If you look at some of the other infamous failures of peacekeeping missions – in places such as Rwanda, Somalia and Angola – it is the limited powers given to peacekeeping operations that have resulted in those failures.
2. The invasion of Iraq
The invasion of Iraq by the US in 2003, which was unlawful and without Security Council authorisation, reflects the fact that the UN is has very limited capacity to constrain the actions of great powers.
The Security Council designers created the veto power so that any of the five permanent members could reject a Council resolution, so in that way it is programmed to fail when a great power really wants to do something that the international community generally condemns.
In the case of the Iraq invasion, the US didn’t veto a resolution, but rather sought authorisation that it did not get. The UN, if you go by the idea of collective security, should have responded by defending Iraq against this unlawful use of force.
The invasion proved a humanitarian disaster with the loss of more than 400,000 lives, and many believe that it led to the emergence of the terrorist Islamic State.
3. Refugee crises
The UN brokered the 1951 Refugee Convention to address the plight of people displaced in Europe due to World War II; years later, the 1967 Protocol removed time and geographical restrictions so that the Convention can now apply universally (although many countries in Asia have refused to sign it, owing in part to its Eurocentric origins).
Despite these treaties, and the work of the UN High Commission for Refugees, there is somewhere between 30 and 40 million refugees, many of them, such as many Palestinians, living for decades outside their homelands. This is in addition to more than 40 million people displaced within their own countries.
While for a long time refugee numbers were reducing, in recent years, particularly driven by the Syrian conflict, there have been increases in the number of people being displaced.
During the COVID-19 crisis, boatloads of Rohingya refugees were turned away by port after port. This tragedy has echoes of pre-World War II when ships of Jewish refugees fleeing Nazi Germany were refused entry by multiple countries.
And as a catastrophe of a different kind looms, there is no international framework in place for responding to people who will be displaced by rising seas and other effects of climate change.
4. Conflicts without end
Across the world, there is a shopping list of unresolved civil conflicts and disputed territories.

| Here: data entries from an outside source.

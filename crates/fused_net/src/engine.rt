// Nodes joined by wires: one action, one event, and `execute`.
ghost use Rattle.std.specs.Prelude.{◌≡◌, ℕ, true, ◌+◌, ◌^◌, ◌<◌, ◌≤◌, [], ◌∷◌, ◌++◌, false, None, Some, OnOk, OnErr, IfOk, IfNone, IfSome, IsSome, IsTrue, ◌↔◌, ◌≢◌, length, map, replicate, slice_get};
ghost use Rattle.elem_core.specs.Prefix.{IsPrefix};
ghost use Rattle.elem_core.specs.declared.count.TheConstants.{MOST_COUNT};
ghost use Rattle.port_core.specs.Call.{Meets};
ghost use Rattle.port_core.specs.Ring.{is_queued};
ghost use Rattle.port_core.specs.Wire.{nothing, delivery_of};
ghost use Rattle.port_core.specs.declared.act.Act.TheVariants as act;
ghost use Rattle.port_core.specs.declared.conn.Event.TheVariants as events;
ghost use Rattle.stage_core.specs.declared.stage.TheConstants.{LEAST_ACTS};
ghost use Rattle.stage_core.specs.Rooms.{HasRoom};
ghost use Rattle.stage_core.specs.Handling.{PullsAs, StaysPassive, Handles};
ghost use Rattle.stage_core.specs.Handing.{cancel_first};
ghost use Rattle.port_core.specs.Cell.{new_cell, moved_by, brought_in, Tells};
ghost use Rattle.port_core.specs.Decoding.{can_push, can_pull};
ghost use Rattle.elem_core.specs.Items.{elements};
ghost use Rattle.fused_net.specs.Net.{acted, acted_all, event_told, put, wire_at, end_at, Able, port_at, node_for, call_for, IsBrought, before, Takes};
ghost use Rattle.fused_net.specs.declared.queue.TheConstants.{MOST_CHASES};
ghost use Rattle.fused_net.specs.Laws.{AnyRow, AnyLaw, Wired, first_view, Settled, Busy, Starting, NetGoesOn, AllKept, BreaksOff, IsMinded, HaveRoom};
ghost use Rattle.fused_net.specs.Costs.{all_asks, Uses};
ghost use Rattle.fused_net.specs.Poking.{AtNode, HandsAt, TellsPoked};
ghost use Rattle.fused_net.specs.Outside.{BreaksAside, StandsStill, Untouched};
ghost use Rattle.fused_net.specs.Events.{EventsLead, EventHandled};

use crate::net::{Ports, WireEnds};
use crate::queue::EventQueue;
use elem_core::elem::Elem;
use elem_core::item::Item;
use elem_core::why::{Cause, NoMemory};
use port_core::act::Act;
use port_core::acts::Acts;
use port_core::conn::Event;
use port_core::ring::EventRing;
use port_core::wire::Wire;
use stage_core::stage::Stage;
use std::alloc::Global;
use std::marker::Model;
use std::snapshot::Snapshot;

/// Nodes joined by wires, and the wires that have an event.
#[derive(Drop)]
pub struct Engine<S> {
    pub(crate) nodes: Vec<S>,
    pub(crate) wires: Vec<Wire>,
    pub(crate) ends: Vec<WireEnds>,
    pub(crate) ports: Vec<Ports>,
    pub(crate) queue: EventQueue,
    firsts: Snapshot<Vec<S>>,
}

impl<S> Model for Engine<S> {
    ghost use Rattle.std.specs.Prelude.{◌≡◌, length};
    ghost use Rattle.fused_net.specs.Net.{Net};
    ghost use Rattle.fused_net.specs.Queue.{waiting};
    ghost use Rattle.std.specs.Coded.{codes};
    ghost use Rattle.elem_core.specs.TreeCode.{tree_coded};

    ghost Value = { Net S };

    ghost coded = { Prim.hlevel (codes, tree_coded) };

    ghost view = { λ e. record {
      nodes = e.nodes.items;
      firsts = e.firsts.value.items;
      wires = e.wires.items;
      ends = e.ends.items;
      ports = e.ports.items;
      queue = waiting e.queue;
    } };

    ghost invariant = { λ e. e.queue.size ≡ length e.wires.items };
}

/// How far a graph went.
#[derive(Clone, Copy, PartialEq, Eq, Debug)]
pub struct Advance {
    /// How many events were handled.
    pub used: u32,
    /// The wire of the last of them, where a passive node heard of it.
    pub heard: Option<u32>,
}

/// So many wires on which nothing happened.
pub fn unused_wires(alloc: Global, count: usize) -> Result<Vec<Wire>, NoMemory>
    ensures { IfOk result (λ wires. wires.items ≡ replicate count new_cell) }
{
    let mut wires = Vec::with_capacity(alloc, count)?;
    for _i in 0..count {
        wires.push_reserved(Wire::new());
    }
    Ok(wires)
}

// What an event but a pull brings to an end of its wire.
#[derive(Drop)]
enum Delivered {
    // The input's cancel, to the output.
    Cancel,
    // An element or an end, to the input.
    Arrived(Item),
}

fn node_of(event: &Delivered, ends: WireEnds) -> u32
    ensures { result ≡ node_for event.now ends }
{
    match event {
        Delivered::Cancel => ends.from,
        Delivered::Arrived(_) => ends.to,
    }
}

// Calls the handler of a node that the event is for.
#[inline(always)]
fn call<S: Stage>(
    node: &mut S,
    alloc: Global,
    ends: WireEnds,
    event: Delivered,
    acts: &mut Acts,
) -> Result<(), NoMemory>
    requires meets { Meets (call_for event ends) (S.port_state node.old) }
    requires empty { acts.old.items ≡ [] }
    requires room { LEAST_ACTS ≤ acts.old.room }
    requires ports { HasRoom (call_for event ends) (S.port_state node.old) acts.old.room }
    ensures handles { OnOk result (Handles S.port_state S.law (call_for event ends) node.old node.new acts.new.items) }
    ensures pulls { OnOk result (PullsAs (call_for event ends) (S.port_state node.old) (S.asking node.new) acts.new.items) }
    ensures grows { OnOk result (IsPrefix (S.moves node.old) (S.moves node.new)) }
    ensures passive { OnOk result (StaysPassive (S.passive node.old) (S.passive node.new) acts.new.items) }
    ensures gone { OnOk result (S.gone node.new ≡ S.gone node.old) }
    ensures room { OnOk result (acts.new.room ≡ acts.old.room) }
    ensures kept { OnErr result (S.keeps node.old node.new) }
{
    match event {
        Delivered::Cancel => node.on_cancel(alloc, ends.output, acts),
        Delivered::Arrived(Item::Elem(e)) => node.on_push(alloc, ends.input, e, acts),
        Delivered::Arrived(Item::Ended) => node.on_finish(alloc, ends.input, acts),
        Delivered::Arrived(Item::Failed(cause)) => node.on_fail(alloc, ends.input, cause, acts),
    }
}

Palestine and Kashmir are two of the longest-running failures of the UN to resolve disputed lands. More recent, ongoing conflicts include the civil wars in Syria and Yemen.

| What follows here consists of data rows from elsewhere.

/// How many events a world takes.
const EVENT_LIMIT: u64 = 1 << 48;

/// One host and one converter, and what happens between them.
#[derive(Debug, Drop)]
pub struct World {
    device: Converter,
    host: Host,
    end: Option<JobEnd>,
    taken: u64,
}

impl Model for World {
    ghost use Rattle.pm_world.specs.State.{State};

    ghost Value = { State };

    ghost use Rattle.pm_world.specs.Setup.{IsMatched};

    ghost view = { λ w. record {
      device = w.device;
      host = w.host;
      end = w.end;
      taken = w.taken;
    } };

    ghost invariant = { λ w. IsMatched w.host.setup w.device.config w.taken };
}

The common denominator of unresolved conflicts is either division among the great powers, or a lack of international interest due to the geopolitical stakes not being sufficiently high. For instance, the inaction during the Rwandan civil war in the 1990s was not due to a division among great powers, but rather a lack of political will to engage.
In Syria, by contrast, Russia and the US have opposing interests and back opposing sides: Russia backs the government of the Syrian dictator Bashar al-Assad, whereas the US does not.
5. Acting like it’s 1945
The UN is increasingly out of step with the reality of geopolitics today.
The permanent members of the Security Council reflect the division of power internationally at the end of World War II. The continuing exclusion of Germany, Japan, and rising powers such as India and Indonesia, reflects the failure to reflect the changing balance of power.
Also, bodies such as the IMF and the World Bank, which are part of the UN system, continue to be dominated by the West. In response, China has created potential rival institutions such as the Asian Infrastructure Investment Bank.
Western domination of UN institutions undermines their credibility. However, a more fundamental problem is that institutions designed in 1945 are a poor fit with the systemic global challenges – of which climate change is foremost – that we face today.